The ranger was young, but even an older man would have had difficulty believing what we were so desperately trying to communicate with him.
“Honest to God” Gerald pleaded. “We’ve got to get him out before he drowns.”
“Look, I don’t know what you guys are up to, but I can have the police here in five minutes.”
“Good” I shouted. “Maybe one of them will have enough brains to believe us.”
He was about to make a call on his walkie-talkie when the echoing voice struck us.
“Please Mr. Gerald. Let me out!”
The ranger stood awestruck.
“Who is that?”
“Never mind. How do we get this thing off?”
He rushed to his truck, backed it up the service road to the outhouse, and threw a cable onto the ground. We hitched it around the wire handle and waited while he slowly dragged the monstrous concrete cable from the cistern’s opening – a gaping square hole six by six feet. The cistern was huge, almost the size of the outhouse building and extending to the rear. We saw no sign of Ralph. Then the voice. Please help me! From the depths of the clean-out, and up to his waist in water and massive amounts of disinfectant, waded Ralph, eyes closed and shivering, dressed only in white underwear and socks which were now green from the disinfectant. In fact Ralph himself looked like the Jolly Green Giant.

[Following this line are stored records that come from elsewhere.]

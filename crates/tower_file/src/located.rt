//! A fault of a tower file with its place in the text.

ghost use Rattle.std.specs.Prelude.{◌≡◌, ◌≢◌, Some, None};
ghost use Rattle.edn_reader.specs.Lent.{piece_of};
ghost use Rattle.tower_file.specs.Located.{byte_span_of, wanting, NoneForMemory};
ghost use Rattle.tower_file.specs.declared.fault.TowerFault.TheVariants.{Memory};

use crate::fault::TowerFault;
use edn_reader::Element;
use std::alloc::{AllocError, AllocFailed};

/// A fault, and the span of the bytes that are wrong: the place of the first one, and the place after the last one.
/// Both are the place of the fault where it is one of the text (V1). Where memory was refused (V9) there is no span.
#[derive(Clone, Copy)]
pub struct LocatedFault {
    pub fault: TowerFault,
    pub span: Option<(usize, usize)>,
}

impl From<AllocError> for LocatedFault {
    ghost from_gives = { λ _ located. located ≡ wanting };

    fn from(_e: AllocError) -> LocatedFault {
        wanting()
    }
}

impl<T: Drop> From<AllocFailed<T>> for LocatedFault {
    ghost from_gives = { λ _ located. located ≡ wanting };

    fn from(_e: AllocFailed<T>) -> LocatedFault {
        wanting()
    }
}

fn wanting() -> LocatedFault
    ensures { result ≡ wanting }
{
    LocatedFault {
        fault: TowerFault::Memory,
        span: None,
    }
}

/// The fault, with the span of an element; without one where memory was refused.
pub fn located(fault: TowerFault, element: &Element) -> LocatedFault
    ensures fault { result.fault ≡ fault }
    ensures nowhere { NoneForMemory result }
    ensures span { fault ≢ Memory → result.span ≡ Some (byte_span_of (piece_of element.now)) }
{
    match fault {
        TowerFault::Memory => wanting(),
        _ => LocatedFault {
            fault,
            span: Some(element.span()),
        },
    }
}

Choruses of “Thank God…Holy shit…I don’t believe it”
A blanket was wrapped around him and he was led to the lake where Gerald told him, “Five minutes in the lake Ralph. OK? No more.” And Ralph strode into the freezing waters of Buntzen Lake, swimming back and forth with furious abandon; as though he had gotten his way and was determined to pack half a day’s swimming into five minutes. We towelled him down and re-wrapped him.
Ralph was ensconced in the back seat next to the unfortunate Billy, primarily because he was least likely to hurt him for smelling so bad. And he did smell bad; as if someone had stuffed a couple of urinal deodorant blocks up your nose. We opened all the windows but it did little good. Ralph just smelled awful! He sat like a caterpillar in a cocoon, shivering still. The other boys were in good spirits, despite occasionally looking over at him in what must have been disgust. They knew someone was going to catch crap and it wasn’t them. If misery loved company, it was a company in which none of them wanted to purchase shares.

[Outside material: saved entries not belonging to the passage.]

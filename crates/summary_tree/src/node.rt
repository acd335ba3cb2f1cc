//! The tree of boxes. Each node is as `specs/Node.antt` says: `keep` alone makes trees of nodes and asks for that,
//! and `edit` changes nodes in place.

ghost use Rattle.std.specs.Prelude.{◌≡◌, ◌+◌, ◌<◌, max, IsTrue, MatchOption};
ghost use Rattle.summary_tree.specs.Layers.{no_layers, DifferByAtMost, IsLow, IsSummed, with_first, joined};
ghost use Rattle.summary_tree.specs.Node.{items_of, summary_around, layers_of, IsRightNode, IsBalanced, IsBalancedNode, IsTop, KeepsNode};

use crate::Summarizes;
use std::marker::Model;

/// A tree of boxes: a node at the top, or nothing.
#[cycle(tree)]
#[derive(Drop)]
pub struct Tree<T: Copy, S: Summarizes<T>> {
    pub(crate) top: Option<Box<Node<T, S>>>,
}

/// An item between those of its sides, and the summary of all of them.
#[cycle(tree)]
#[derive(Drop)]
pub struct Node<T: Copy, S: Summarizes<T>> {
    pub left: Tree<T, S>,
    pub item: T,
    pub right: Tree<T, S>,
    pub height: u8,
    pub summary: S,
}

impl<T: Copy, S: Summarizes<T>> Model for Tree<T, S> {
    ghost use Rattle.std.specs.Prelude.{length};
    ghost use Rattle.summary_tree.specs.Layers.{Layers};

    ghost Value = { Layers T S };

    ghost use Rattle.summary_tree.specs.Node.{layers_of, IsBalanced};

    ghost view = { λ t. layers_of t.top };

    ghost invariant = { λ t. IsBalanced S.one S.join S.IsOf t.top };

    ghost size = { λ layers. length layers.items };

    ghost use Rattle.std.proofs.Common.{arith, length-append};

    ghost size_decreases = { λ t h. Prim.grind (arith, length-append) };
}

impl<T: Copy, S: Summarizes<T>> Tree<T, S> {
    pub(crate) fn new() -> Self
        ensures { result ≡ no_layers }
    {
        Tree { top: None }
    }

    #[tactic(auto, using(crate::proofs::Low::low_empty))]
    pub(crate) fn height(&self) -> u8
        ensures height { result ≡ self.now.height }
        ensures low { IsLow self.now.items self.now.height }
        ensures summed { IsSummed S.IsOf self.now.summary self.now.items }
    {
        match &self.top {
            Some(top) => top.height,
            None => 0,
        }
    }

    /// The top node, with what is known of its items and its summary.
    pub fn top(&self) -> Option<&Node<T, S>>
        ensures { MatchOption result (self.now ≡ no_layers) (λ node. IsTop S.IsOf node.now self.now.items) }
    {
        match &self.top {
            Some(top) => Some(top),
            None => None,
        }
    }

    /// Takes the top out with all that is below it.
    pub(crate) fn take(&mut self) -> Option<Box<Node<T, S>>>
        ensures same { layers_of result ≡ self.old }
        ensures balanced { IsBalanced S.one S.join S.IsOf result }
        ensures empty { self.new ≡ no_layers }
    {
        self.top.take()
    }

    /// The summary of the items of this tree and of those after them.
    #[inline(always)]
    #[tactic(auto, unfolding(crate::specs::Layers::joined))]
    fn before(&self, later: S) -> S
        ensures { result ≡ joined S.join self.now.summary later }
    {
        match &self.top {
            Some(top) => top.summary.join(&later),
            None => later,
        }
    }

    /// The summary of an item and of those of this tree after it.
    #[inline(always)]
    #[tactic(auto, unfolding(crate::specs::Layers::with_first))]
    fn with_first(&self, item: &T) -> S
        ensures { result ≡ with_first S.one S.join item.now self.now.summary }
    {
        match &self.top {
            Some(top) => top.summary.with_first(item),
            None => S::of_one(item),
        }
    }
}

impl<T: Copy, S: Summarizes<T>> Node<T, S> {
    /// The summary of its items, made of those of its sides.
    #[inline(always)]
    fn sum(&self) -> S
        ensures { result ≡ summary_around S.one S.join self.now }
    {
        self.left.before(self.right.with_first(&self.item))
    }

    /// Makes its height and its summary again. Returns whether both stay.
    #[inline(always)]
    pub(crate) fn renew(&mut self) -> bool
        requires near { DifferByAtMost 1 self.old.left.height self.old.right.height }
        requires room { max self.old.left.height self.old.right.height < 255 }
        ensures balanced { IsBalancedNode S.one S.join S.IsOf self.new }
        ensures items { items_of self.new ≡ items_of self.old }
        ensures height { self.new.height ≡ max self.old.left.height self.old.right.height + 1 }
        ensures stays { IsTrue result → KeepsNode self.old self.new }
    {
        let height = self.left.height().max(self.right.height()) + 1;
        let summary = self.sum();
        let stays = self.height == height && self.summary.is_same(&summary);
        self.height = height;
        self.summary = summary;
        self.sides_are_balanced();
        stays
    }

    /// The law of a node whose height and summary are right: it is balanced, since its sides are. It does nothing:
    /// a proof that needs the law has it by a call.
    #[inline(always)]
    pub(crate) fn sides_are_balanced(&self)
        requires { IsRightNode S.one S.join self.now }
        ensures { IsBalancedNode S.one S.join S.IsOf self.now }
    {
        S::summaries_add_up();
        let _ = (self.left.height(), self.right.height());
    }
}

/// The tree of a node, once its height and its summary are made again.
pub(crate) fn close<T: Copy, S: Summarizes<T>>(mut node: Box<Node<T, S>>) -> Tree<T, S>
    requires near { DifferByAtMost 1 node.value.left.height node.value.right.height }
    requires room { max node.value.left.height node.value.right.height < 255 }
    ensures items { result.items ≡ items_of node.value }
    ensures height { result.height ≡ max node.value.left.height node.value.right.height + 1 }
{
    let _ = node.renew();
    keep(node)
}

/// The tree of a node that is balanced.
#[inline(always)]
pub(crate) fn keep<T: Copy, S: Summarizes<T>>(node: Box<Node<T, S>>) -> Tree<T, S>
    requires { IsBalancedNode S.one S.join S.IsOf node.value }
    ensures { result ≡ layers_of (Some node) }
{
    Tree { top: Some(node) }
}
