//! The node pool: spare nodes, one for each reserved place, and room to take back those that are in the tree.

ghost use Rattle.std.specs.Prelude.{◌≡◌, ◌+◌, ◌<◌, ◌≤◌, max, All, OnOk, OnErr, vec_len, vec_capacity};
ghost use Rattle.summary_tree.specs.Node.{IsAlone};

use crate::node::{Node, Tree};
use crate::{Keyed, Summarizes};
use intervals::Memory;
use std::alloc::Global;
use std::marker::Model;

#[derive(Drop)]
pub struct NodePool<T: Keyed, S: Summarizes<T>> {
    spare: Vec<Box<Node<T, S>>>,
    taken: usize,
    alloc: Global,
}

impl<T: Keyed, S: Summarizes<T>> Model for NodePool<T, S> {
    ghost use Rattle.std.specs.Prelude.{◌+◌, ◌≤◌, All, vec_len, vec_capacity};
    ghost use Rattle.summary_tree.specs.NodePool.{PoolPlaces};

    ghost Value = { PoolPlaces };

    ghost view = { λ s. record { free = vec_len s.spare; taken = s.taken } };

    ghost use Rattle.summary_tree.specs.Node.{IsAlone};

    ghost invariant = { λ s. (s.taken + vec_len s.spare ≤ vec_capacity s.spare) × All (λ n. IsAlone n.value) s.spare.items };
}

impl<T: Keyed, S: Summarizes<T>> NodePool<T, S> {
    pub fn new(alloc: Global) -> Self
        ensures free { result.free ≡ 0 }
        ensures taken { result.taken ≡ 0 }
    {
        NodePool {
            spare: Vec::new(alloc),
            taken: 0,
            alloc,
        }
    }

    /// How many spare nodes there are.
    pub fn free(&self) -> usize
        ensures { result ≡ self.now.free }
    {
        self.spare.len()
    }

    /// How many nodes are in the tree.
    pub fn taken(&self) -> usize
        ensures { result ≡ self.now.taken }
    {
        self.taken
    }

    /// Makes spare nodes until there are that many.
    pub fn reserve(&mut self, places: usize) -> Result<(), Memory>
        ensures taken { self.new.taken ≡ self.old.taken }
        ensures free { OnOk result (self.new.free ≡ max self.old.free places) }
        ensures err { OnErr result (self.new.free ≡ self.old.free) }
        ensures memory { OnErr result (self.old.free < places) }
    {
        let free = self.spare.len();
        if places <= free {
            return Ok(());
        }
        // Where the sum is past the greatest number, the vector cannot grow so far.
        let more = self.taken.saturating_add(places - free);
        self.spare.reserve(more)?;
        let filled = fill(self.alloc, &mut self.spare, places);
        if filled.is_err() {
            self.spare.truncate(free);
        }
        filled
    }

    /// A spare node, with this item.
    pub fn take(&mut self, item: T) -> Box<Node<T, S>>
        requires { 0 < self.old.free }
        ensures free { self.new.free + 1 ≡ self.old.free }
        ensures taken { self.new.taken ≡ self.old.taken + 1 }
        ensures alone { IsAlone result.value }
        ensures item { result.value.item ≡ item }
    {
        let Some(mut node) = self.spare.pop() else {
            unreachable!()
        };
        self.taken += 1;
        node.item = item;
        node
    }

    /// Takes a node that has nothing on its sides back.
    pub fn give(&mut self, node: Box<Node<T, S>>)
        requires alone { IsAlone node.value }
        requires taken { 0 < self.old.taken }
        ensures free { self.new.free ≡ self.old.free + 1 }
        ensures taken { self.new.taken + 1 ≡ self.old.taken }
    {
        self.taken -= 1;
        self.spare.push_reserved(node);
    }
}

/// Adds spare nodes up to that many.
fn fill<T: Keyed, S: Summarizes<T>>(
    alloc: Global,
    spare: &mut Vec<Box<Node<T, S>>>,
    places: usize,
) -> Result<(), Memory>
    requires fewer { vec_len spare.old ≤ places }
    requires room { places ≤ vec_capacity spare.old }
    requires alone { All (λ n. IsAlone n.value) spare.old.items }
    ensures ok { OnOk result (vec_len spare.new ≡ places) }
    ensures kept { vec_len spare.old ≤ vec_len spare.new }
    ensures capacity { vec_capacity spare.new ≡ vec_capacity spare.old }
    ensures alone { All (λ n. IsAlone n.value) spare.new.items }
{
    for _ in spare.len()..places {
        let Ok(node) = Box::new(alloc, empty()) else {
            return Err(Memory);
        };
        spare.push_reserved(node);
    }
    Ok(())
}

/// A spare node, whose item is `Keyed::spare`.
fn empty<T: Keyed, S: Summarizes<T>>() -> Node<T, S>
    ensures { IsAlone result }
{
    let item = T::spare();
    Node {
        left: Tree::new(),
        item,
        right: Tree::new(),
        height: 0,
        summary: S::of_one(&item),
    }
}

At the other end of the van sat Gerald, equally despondent. Ralph was his responsibility and it wasn’t the first time he had slipped up with him. Now he would have to explain what had happened. He would have to face the wrath of the charge nurse and his supervisor. It would have to be explained to his aged mother who lived just across the river. We all sat silently on the trip back. We too, knew someone was going to catch crap, and it wasn’t us.
As Ralph was bundled out of the van by the back door of the ward and led off by Gerald, we could hear his plaintive plea:
“Please don’t tell mummy, Please don’t tell mummy, Please don’t tell mummy.”